## Records provided
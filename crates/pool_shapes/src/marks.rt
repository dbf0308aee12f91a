//! What a picture of a run shows, as data: lanes of marks, one lane above the other. A mark says what its lane shows
//! over some columns, of which there is one for each move.
mod lane;
mod lanes;
mod mark;
mod shape;
mod shelf;

pub use lane::Lane;
pub use lanes::Lanes;
pub use mark::{Mark, Shown};
pub use shape::{Place, Shape, Stage};
pub use shelf::{Shelf, Span};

## Task item
Please write the data above out again, exactly the same.

## Answer to the problem
filename crates/pool_shapes/src/marks.rt
repository dbf0308aee12f91a
//! What a picture of a run shows, as data: lanes of marks, one lane above the other. A mark says what its lane shows
//! over some columns, of which there is one for each move.
mod lane;
mod lanes;
mod mark;
mod shape;
mod shelf;

pub use lane::Lane;
pub use lanes::Lanes;
pub use mark::{Mark, Shown};
pub use shape::{Place, Shape, Stage};
pub use shelf::{Shelf, Span};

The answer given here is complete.